[Records drawn from a dataset]
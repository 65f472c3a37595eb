//! A box as its pointer.

ghost use Rattle.std.specs.Prelude.{◌≡◌};
ghost use Rattle.std.specs.Box.Ownership.{box_owns};
ghost use Rattle.x86emu_c.specs.Owned.{chunk};

use std::alloc::Global;
use std::marker::Model;

/// The pointer of a box, which owns what the box owned.
pub(crate) struct Loose<T> {
    pub(crate) at: *mut T,
    pub(crate) ghost value: { T },
}

impl<T> Model for Loose<T> {
    ghost also_owns = { λ l. box_owns chunk T.row l.at l.value };
}

impl<T: Drop> Loose<T> {
    /// Takes a box apart.
    #[inline(always)]
    pub(crate) fn of(value: Box<T>) -> Loose<T>
        ensures { result.value ≡ value.value }
    {
        let (at, _alloc) = Box::into_raw_with_allocator(value);
        Loose { at }
    }

    /// Makes the box again.
    #[inline(always)]
    pub(crate) fn into_box(self, alloc: Global) -> Box<T>
        ensures { result.value ≡ self.value }
    {
        let Loose { at } = self;
        unsafe { Box::from_raw(alloc, at) }
    }
}
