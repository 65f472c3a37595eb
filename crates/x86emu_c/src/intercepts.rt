//! The calls that say what is intercepted.

ghost use Rattle.std.specs.Prelude.{◌≡◌, ◌<◌, ◌≤◌, ◌^◌, ◌↔◌, nat_lt, nat_le, length, true, false, if◌then◌else◌, Some, None};
ghost use Rattle.std.specs.Int.RustNames.{bit_or};
ghost use Rattle.std.specs.FinSet.{union};
ghost use Rattle.bitflags.specs.Sets.{without};
ghost use Rattle.xe_icpt.specs.Ports.{ports_between};
ghost use Rattle.xe_icpt.specs.SvmSet.{bits_of, has_msr};
ghost use Rattle.x86emu_c.specs.Emulated.{Emulated, machine_in, with_intercepts, with_msr};

use crate::handle::Handle;
use crate::status::{BAD_NAME, BAD_RANGE, FULL, NO_MACHINE, OK};
use bitflags::Flags;
use std::alloc::Global;
use xe_icpt::SvmName;

/// How many names there are.
const NAMES: u32 = 32;

/// The name with this number.
fn name_of(name: u32) -> SvmName
    requires { name < 32 }
    ensures { bits_of result ≡ 2 ^ name }
{
    SvmName::from_bits_retain(1 << name)
}

#[unsafe(no_mangle)]
pub extern "C" fn x86emu_intercept(alloc: Global, m: &mut Handle, name: u32) -> u32
    ensures none { machine_in m.old ≡ None → result ≡ 1 }
    ensures status { (e : Emulated) → machine_in m.old ≡ Some e → result ≡ (if nat_lt name 32 then 0 else 12) }
    ensures set { (e : Emulated) → machine_in m.old ≡ Some e → result ≡ 0 → machine_in m.new ≡ Some (with_intercepts e (record e.intercepts { names = bit_or e.intercepts.names (2 ^ name) })) }
    ensures stays { 0 < result → machine_in m.new ≡ machine_in m.old }
{
    let Some(mut b) = m.take(alloc) else {
        return NO_MACHINE;
    };
    let status = if name < NAMES {
        b.intercepts.set(name_of(name));
        OK
    } else {
        BAD_NAME
    };
    *m = Handle::of(b);
    status
}

#[unsafe(no_mangle)]
pub extern "C" fn x86emu_intercept_no_more(alloc: Global, m: &mut Handle, name: u32) -> u32
    ensures none { machine_in m.old ≡ None → result ≡ 1 }
    ensures status { (e : Emulated) → machine_in m.old ≡ Some e → result ≡ (if nat_lt name 32 then 0 else 12) }
    ensures cleared { (e : Emulated) → machine_in m.old ≡ Some e → result ≡ 0 → machine_in m.new ≡ Some (with_intercepts e (record e.intercepts { names = without 64 e.intercepts.names (2 ^ name) })) }
    ensures stays { 0 < result → machine_in m.new ≡ machine_in m.old }
{
    let Some(mut b) = m.take(alloc) else {
        return NO_MACHINE;
    };
    let status = if name < NAMES {
        b.intercepts.clear(name_of(name));
        OK
    } else {
        BAD_NAME
    };
    *m = Handle::of(b);
    status
}

#[unsafe(no_mangle)]
pub extern "C" fn x86emu_intercept_ports(alloc: Global, m: &mut Handle, low: u16, high: u16) -> u32
    ensures none { machine_in m.old ≡ None → result ≡ 1 }
    ensures status { (e : Emulated) → machine_in m.old ≡ Some e → result ≡ (if nat_le low high then 0 else 13) }
    ensures set { (e : Emulated) → machine_in m.old ≡ Some e → result ≡ 0 → machine_in m.new ≡ Some (with_intercepts e (record e.intercepts { ports = union e.intercepts.ports (ports_between low high) })) }
    ensures stays { 0 < result → machine_in m.new ≡ machine_in m.old }
{
    let Some(mut b) = m.take(alloc) else {
        return NO_MACHINE;
    };
    let status = if low <= high {
        b.intercepts.ports(low, high);
        OK
    } else {
        BAD_RANGE
    };
    *m = Handle::of(b);
    status
}

#[unsafe(no_mangle)]
pub extern "C" fn x86emu_intercept_msr(
    alloc: Global,
    m: &mut Handle,
    number: u32,
    write: bool,
) -> u32
    ensures none { machine_in m.old ≡ None → result ≡ 1 }
    ensures status { (e : Emulated) → machine_in m.old ≡ Some e → (result ≡ 14) ↔ ((has_msr e.intercepts.msrs number write ≡ false) × (length e.intercepts.msrs ≡ 64)) }
    ensures set { (e : Emulated) → machine_in m.old ≡ Some e → result ≡ 0 → machine_in m.new ≡ Some (with_intercepts e (with_msr e.intercepts number write)) }
    ensures stays { 0 < result → machine_in m.new ≡ machine_in m.old }
{
    let Some(mut b) = m.take(alloc) else {
        return NO_MACHINE;
    };
    let status = if b.intercepts.msr(number, write) {
        OK
    } else {
        FULL
    };
    *m = Handle::of(b);
    status
}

_About this task_:
Select and copy each line from the data that includes the word "Emulated".

_Task result_:
ghost use Rattle.x86emu_c.specs.Emulated.{Emulated, machine_in, with_intercepts, with_msr};
    ensures status { (e : Emulated) → machine_in m.old ≡ Some e → result ≡ (if nat_lt name 32 then 0 else 12) }
    ensures set { (e : Emulated) → machine_in m.old ≡ Some e → result ≡ 0 → machine_in m.new ≡ Some (with_intercepts e (record e.intercepts { names = bit_or e.intercepts.names (2 ^ name) })) }
    ensures status { (e : Emulated) → machine_in m.old ≡ Some e → result ≡ (if nat_lt name 32 then 0 else 12) }
    ensures cleared { (e : Emulated) → machine_in m.old ≡ Some e → result ≡ 0 → machine_in m.new ≡ Some (with_intercepts e (record e.intercepts { names = without 64 e.intercepts.names (2 ^ name) })) }
    ensures status { (e : Emulated) → machine_in m.old ≡ Some e → result ≡ (if nat_le low high then 0 else 13) }
    ensures set { (e : Emulated) → machine_in m.old ≡ Some e → result ≡ 0 → machine_in m.new ≡ Some (with_intercepts e (record e.intercepts { ports = union e.intercepts.ports (ports_between low high) })) }
    ensures status { (e : Emulated) → machine_in m.old ≡ Some e → (result ≡ 14) ↔ ((has_msr e.intercepts.msrs number write ≡ false) × (length e.intercepts.msrs ≡ 64)) }
    ensures set { (e : Emulated) → machine_in m.old ≡ Some e → result ≡ 0 → machine_in m.new ≡ Some (with_intercepts e (with_msr e.intercepts number write)) }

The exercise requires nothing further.